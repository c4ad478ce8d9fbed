//! What is done many times, to be timed from outside. The words say what, which way and how often: `lookup`, `lookup-reply` or `read-reply` with
//! `encode` or `decode`; `server-lookup`, `server-read`, `server-read-wanted`, `server-write` or `server-push` with 1-1, 256-1 or
//! 256-2048, the files and the rows of the server; or `store-commit` or `store-read` with `list`, `memory` or the path of a file, where
//! is kept what a server keeps, and `store-bare`, `store-open` or `store-open-full` with `memory` or the path of a file.

mod datagrams;
mod servers;
mod stores;

use crate::page::cut;

/// Does so many times what the words say, and gives a number that stands on all that came out; None where they say nothing that is
/// here, memory is wanting, or a disk fails.
pub(crate) fn often(rt: &HostRuntime, what: &str, way: &str, times: u32) -> Option<u64> {
    let alloc = rt.alloc();
    match cut(what, '-') {
        ("server", ask) => servers::often(alloc, ask, way, times),
        ("store", deed) => stores::often(rt, deed, way, times),
        _ => datagrams::often(alloc, what, way, times),
    }
}
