//! Which datagrams count for a client.

ghost use Rattle.std.specs.Prelude.{◌≡◌};
ghost use Rattle.nq_client_parts.specs.HoldingLeases.{lease_of};
ghost use Rattle.nq_model.specs.protocol.Hear.{counts_for_block, counts_for_call, counts_for_change, counts_for_lease, counts_for_name, holds_later, inc_of};
ghost use Rattle.nq_model.specs.protocol.Hear.{is_of_procedure, is_put_off, refusal_counts, wants_of};
ghost use Rattle.nq_client_parts.specs.Jobs.{job_of};

use crate::holding::Held;
use crate::job::Job;
use nq_base::{FileId, Inc, Refusal, Reply, Request, Tag};

/// Whether a refusal says that the request is put off.
pub fn is_put_off(status: Refusal) -> bool
    ensures { result ≡ is_put_off status }
{
    match status {
        Refusal::TryLater | Refusal::NotAttached | Refusal::Old => true,
        Refusal::NoEnt
        | Refusal::Exist
        | Refusal::Inval
        | Refusal::NoSpc
        | Refusal::Stale
        | Refusal::Fenced => false,
    }
}

/// Whether a refusal of LOOKUP, CREATE or GETATTR counts.
fn counts_for_name(status: Refusal) -> bool
    ensures { result ≡ counts_for_name status }
{
    match status {
        Refusal::Fenced => false,
        Refusal::NoEnt
        | Refusal::Exist
        | Refusal::Inval
        | Refusal::NoSpc
        | Refusal::Stale
        | Refusal::TryLater
        | Refusal::NotAttached
        | Refusal::Old => true,
    }
}

/// Whether a refusal of READ, or of a WRITE that goes through, counts.
fn counts_for_block(status: Refusal) -> bool
    ensures { result ≡ counts_for_block status }
{
    match status {
        Refusal::Inval | Refusal::Stale => true,
        Refusal::TryLater | Refusal::NotAttached | Refusal::Old => true,
        Refusal::NoEnt | Refusal::Exist | Refusal::NoSpc | Refusal::Fenced => false,
    }
}

/// Whether a refusal of the call's GETLEASE counts.
fn counts_for_lease(status: Refusal) -> bool
    ensures { result ≡ counts_for_lease status }
{
    match status {
        Refusal::Stale => true,
        Refusal::TryLater | Refusal::NotAttached | Refusal::Old => true,
        Refusal::NoEnt | Refusal::Exist | Refusal::Inval | Refusal::NoSpc | Refusal::Fenced =>
            false,
    }
}

/// Whether a refusal of RESIZE or REMOVE counts.
fn counts_for_change(status: Refusal) -> bool
    ensures { result ≡ counts_for_change status }
{
    match status {
        Refusal::NoEnt | Refusal::Exist | Refusal::Fenced => false,
        Refusal::Inval
        | Refusal::NoSpc
        | Refusal::Stale
        | Refusal::TryLater
        | Refusal::NotAttached
        | Refusal::Old => true,
    }
}

/// Whether a refusal of the call's request counts.
fn counts_for_call(status: Refusal, request: &Request) -> bool
    ensures { result ≡ counts_for_call status request.now }
{
    match request {
        Request::Lookup { .. } | Request::Create { .. } | Request::GetAttr { .. } => {
            counts_for_name(status)
        }
        Request::Read { .. } | Request::Write { .. } => counts_for_block(status),
        Request::GetLease { .. } => counts_for_lease(status),
        Request::Resize { .. } | Request::Remove { .. } => counts_for_change(status),
        Request::Null
        | Request::Attach { .. }
        | Request::Vacated { .. }
        | Request::Evicted { .. } => false,
    }
}

/// Whether a refusal of the request under way counts.
pub fn refusal_counts(status: Refusal, request: &Request, job: Job) -> bool
    ensures { result ≡ refusal_counts status request.now (job_of job) }
{
    match job {
        Job::Attaching => false,
        Job::ForCall => counts_for_call(status, request),
        Job::Renewing => true,
        Job::Pushing => !is_put_off(status),
    }
}

/// Whether a reply is of a request's procedure.
pub fn is_of_procedure(reply: &Reply, request: &Request) -> bool
    ensures { result ≡ is_of_procedure reply.now request.now }
{
    match reply {
        Reply::Null | Reply::Refused { .. } => false,
        Reply::Attach { .. } => matches!(request, Request::Attach { .. }),
        Reply::Lookup { .. } => matches!(request, Request::Lookup { .. }),
        Reply::Create { .. } => matches!(request, Request::Create { .. }),
        Reply::GetAttr { .. } => matches!(request, Request::GetAttr { .. }),
        Reply::Read { .. } => matches!(request, Request::Read { .. }),
        Reply::Write { .. } => matches!(request, Request::Write { .. }),
        Reply::GetLease { .. } => matches!(request, Request::GetLease { .. }),
        Reply::Resize { .. } => matches!(request, Request::Resize { .. }),
        Reply::Remove { .. } => matches!(request, Request::Remove { .. }),
    }
}

/// The incarnation that a reply repeats.
pub fn inc_of(reply: &Reply) -> Inc
    ensures { result ≡ inc_of reply.now }
{
    match reply {
        Reply::Null => Inc(0),
        Reply::Attach { inc }
        | Reply::Lookup { inc, .. }
        | Reply::Create { inc, .. }
        | Reply::GetAttr { inc, .. }
        | Reply::Read { inc, .. }
        | Reply::Write { inc, .. }
        | Reply::GetLease { inc, .. }
        | Reply::Resize { inc, .. }
        | Reply::Remove { inc }
        | Reply::Refused { inc, .. } => *inc,
    }
}

/// Whether a request carries a want for a file.
pub fn wants(request: &Request, file: FileId) -> bool
    ensures { result ≡ wants_of file request.now }
{
    match request {
        Request::Read {
            file: read,
            want,
            ..
        } => *read == file && want.is_some(),
        Request::GetLease { file: wanted, .. } => *wanted == file,
        Request::Null
        | Request::Attach { .. }
        | Request::Lookup { .. }
        | Request::Create { .. }
        | Request::GetAttr { .. }
        | Request::Write { .. }
        | Request::Vacated { .. }
        | Request::Evicted { .. }
        | Request::Resize { .. }
        | Request::Remove { .. } => false,
    }
}

/// Whether a lease with a later tag is held.
pub fn holds_later(tag: Tag, held: &Held) -> bool
    ensures { result ≡ holds_later tag (lease_of held.now) }
{
    match held.lease() {
        Some(lease) => tag < lease.tag,
        None => false,
    }
}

◆ WHAT YOU NEED TO DO:
Restate the data exactly, keeping every line intact.

◆ YOUR RESPONSE:
repository c4ad478ce8d9fbed
//! What is done many times, to be timed from outside. The words say what, which way and how often: `lookup`, `lookup-reply` or `read-reply` with
//! `encode` or `decode`; `server-lookup`, `server-read`, `server-read-wanted`, `server-write` or `server-push` with 1-1, 256-1 or
//! 256-2048, the files and the rows of the server; or `store-commit` or `store-read` with `list`, `memory` or the path of a file, where
//! is kept what a server keeps, and `store-bare`, `store-open` or `store-open-full` with `memory` or the path of a file.

mod datagrams;
mod servers;
mod stores;

use crate::page::cut;

/// Does so many times what the words say, and gives a number that stands on all that came out; None where they say nothing that is
/// here, memory is wanting, or a disk fails.
pub(crate) fn often(rt: &HostRuntime, what: &str, way: &str, times: u32) -> Option<u64> {
    let alloc = rt.alloc();
    match cut(what, '-') {
        ("server", ask) => servers::often(alloc, ask, way, times),
        ("store", deed) => stores::often(rt, deed, way, times),
        _ => datagrams::often(alloc, what, way, times),
    }
}
//! Which datagrams count for a client.

ghost use Rattle.std.specs.Prelude.{◌≡◌};
ghost use Rattle.nq_client_parts.specs.HoldingLeases.{lease_of};
ghost use Rattle.nq_model.specs.protocol.Hear.{counts_for_block, counts_for_call, counts_for_change, counts_for_lease, counts_for_name, holds_later, inc_of};
ghost use Rattle.nq_model.specs.protocol.Hear.{is_of_procedure, is_put_off, refusal_counts, wants_of};
ghost use Rattle.nq_client_parts.specs.Jobs.{job_of};

use crate::holding::Held;
use crate::job::Job;
use nq_base::{FileId, Inc, Refusal, Reply, Request, Tag};

/// Whether a refusal says that the request is put off.
pub fn is_put_off(status: Refusal) -> bool
    ensures { result ≡ is_put_off status }
{
    match status {
        Refusal::TryLater | Refusal::NotAttached | Refusal::Old => true,
        Refusal::NoEnt
        | Refusal::Exist
        | Refusal::Inval
        | Refusal::NoSpc
        | Refusal::Stale
        | Refusal::Fenced => false,
    }
}

/// Whether a refusal of LOOKUP, CREATE or GETATTR counts.
fn counts_for_name(status: Refusal) -> bool
    ensures { result ≡ counts_for_name status }
{
    match status {
        Refusal::Fenced => false,
        Refusal::NoEnt
        | Refusal::Exist
        | Refusal::Inval
        | Refusal::NoSpc
        | Refusal::Stale
        | Refusal::TryLater
        | Refusal::NotAttached
        | Refusal::Old => true,
    }
}

/// Whether a refusal of READ, or of a WRITE that goes through, counts.
fn counts_for_block(status: Refusal) -> bool
    ensures { result ≡ counts_for_block status }
{
    match status {
        Refusal::Inval | Refusal::Stale => true,
        Refusal::TryLater | Refusal::NotAttached | Refusal::Old => true,
        Refusal::NoEnt | Refusal::Exist | Refusal::NoSpc | Refusal::Fenced => false,
    }
}

/// Whether a refusal of the call's GETLEASE counts.
fn counts_for_lease(status: Refusal) -> bool
    ensures { result ≡ counts_for_lease status }
{
    match status {
        Refusal::Stale => true,
        Refusal::TryLater | Refusal::NotAttached | Refusal::Old => true,
        Refusal::NoEnt | Refusal::Exist | Refusal::Inval | Refusal::NoSpc | Refusal::Fenced =>
            false,
    }
}

/// Whether a refusal of RESIZE or REMOVE counts.
fn counts_for_change(status: Refusal) -> bool
    ensures { result ≡ counts_for_change status }
{
    match status {
        Refusal::NoEnt | Refusal::Exist | Refusal::Fenced => false,
        Refusal::Inval
        | Refusal::NoSpc
        | Refusal::Stale
        | Refusal::TryLater
        | Refusal::NotAttached
        | Refusal::Old => true,
    }
}

/// Whether a refusal of the call's request counts.
fn counts_for_call(status: Refusal, request: &Request) -> bool
    ensures { result ≡ counts_for_call status request.now }
{
    match request {
        Request::Lookup { .. } | Request::Create { .. } | Request::GetAttr { .. } => {
            counts_for_name(status)
        }
        Request::Read { .. } | Request::Write { .. } => counts_for_block(status),
        Request::GetLease { .. } => counts_for_lease(status),
        Request::Resize { .. } | Request::Remove { .. } => counts_for_change(status),
        Request::Null
        | Request::Attach { .. }
        | Request::Vacated { .. }
        | Request::Evicted { .. } => false,
    }
}

/// Whether a refusal of the request under way counts.
pub fn refusal_counts(status: Refusal, request: &Request, job: Job) -> bool
    ensures { result ≡ refusal_counts status request.now (job_of job) }
{
    match job {
        Job::Attaching => false,
        Job::ForCall => counts_for_call(status, request),
        Job::Renewing => true,
        Job::Pushing => !is_put_off(status),
    }
}

/// Whether a reply is of a request's procedure.
pub fn is_of_procedure(reply: &Reply, request: &Request) -> bool
    ensures { result ≡ is_of_procedure reply.now request.now }
{
    match reply {
        Reply::Null | Reply::Refused { .. } => false,
        Reply::Attach { .. } => matches!(request, Request::Attach { .. }),
        Reply::Lookup { .. } => matches!(request, Request::Lookup { .. }),
        Reply::Create { .. } => matches!(request, Request::Create { .. }),
        Reply::GetAttr { .. } => matches!(request, Request::GetAttr { .. }),
        Reply::Read { .. } => matches!(request, Request::Read { .. }),
        Reply::Write { .. } => matches!(request, Request::Write { .. }),
        Reply::GetLease { .. } => matches!(request, Request::GetLease { .. }),
        Reply::Resize { .. } => matches!(request, Request::Resize { .. }),
        Reply::Remove { .. } => matches!(request, Request::Remove { .. }),
    }
}

/// The incarnation that a reply repeats.
pub fn inc_of(reply: &Reply) -> Inc
    ensures { result ≡ inc_of reply.now }
{
    match reply {
        Reply::Null => Inc(0),
        Reply::Attach { inc }
        | Reply::Lookup { inc, .. }
        | Reply::Create { inc, .. }
        | Reply::GetAttr { inc, .. }
        | Reply::Read { inc, .. }
        | Reply::Write { inc, .. }
        | Reply::GetLease { inc, .. }
        | Reply::Resize { inc, .. }
        | Reply::Remove { inc }
        | Reply::Refused { inc, .. } => *inc,
    }
}

/// Whether a request carries a want for a file.
pub fn wants(request: &Request, file: FileId) -> bool
    ensures { result ≡ wants_of file request.now }
{
    match request {
        Request::Read {
            file: read,
            want,
            ..
        } => *read == file && want.is_some(),
        Request::GetLease { file: wanted, .. } => *wanted == file,
        Request::Null
        | Request::Attach { .. }
        | Request::Lookup { .. }
        | Request::Create { .. }
        | Request::GetAttr { .. }
        | Request::Write { .. }
        | Request::Vacated { .. }
        | Request::Evicted { .. }
        | Request::Resize { .. }
        | Request::Remove { .. } => false,
    }
}

/// Whether a lease with a later tag is held.
pub fn holds_later(tag: Tag, held: &Held) -> bool
    ensures { result ≡ holds_later tag (lease_of held.now) }
{
    match held.lease() {
        Some(lease) => tag < lease.tag,
        None => false,
    }
}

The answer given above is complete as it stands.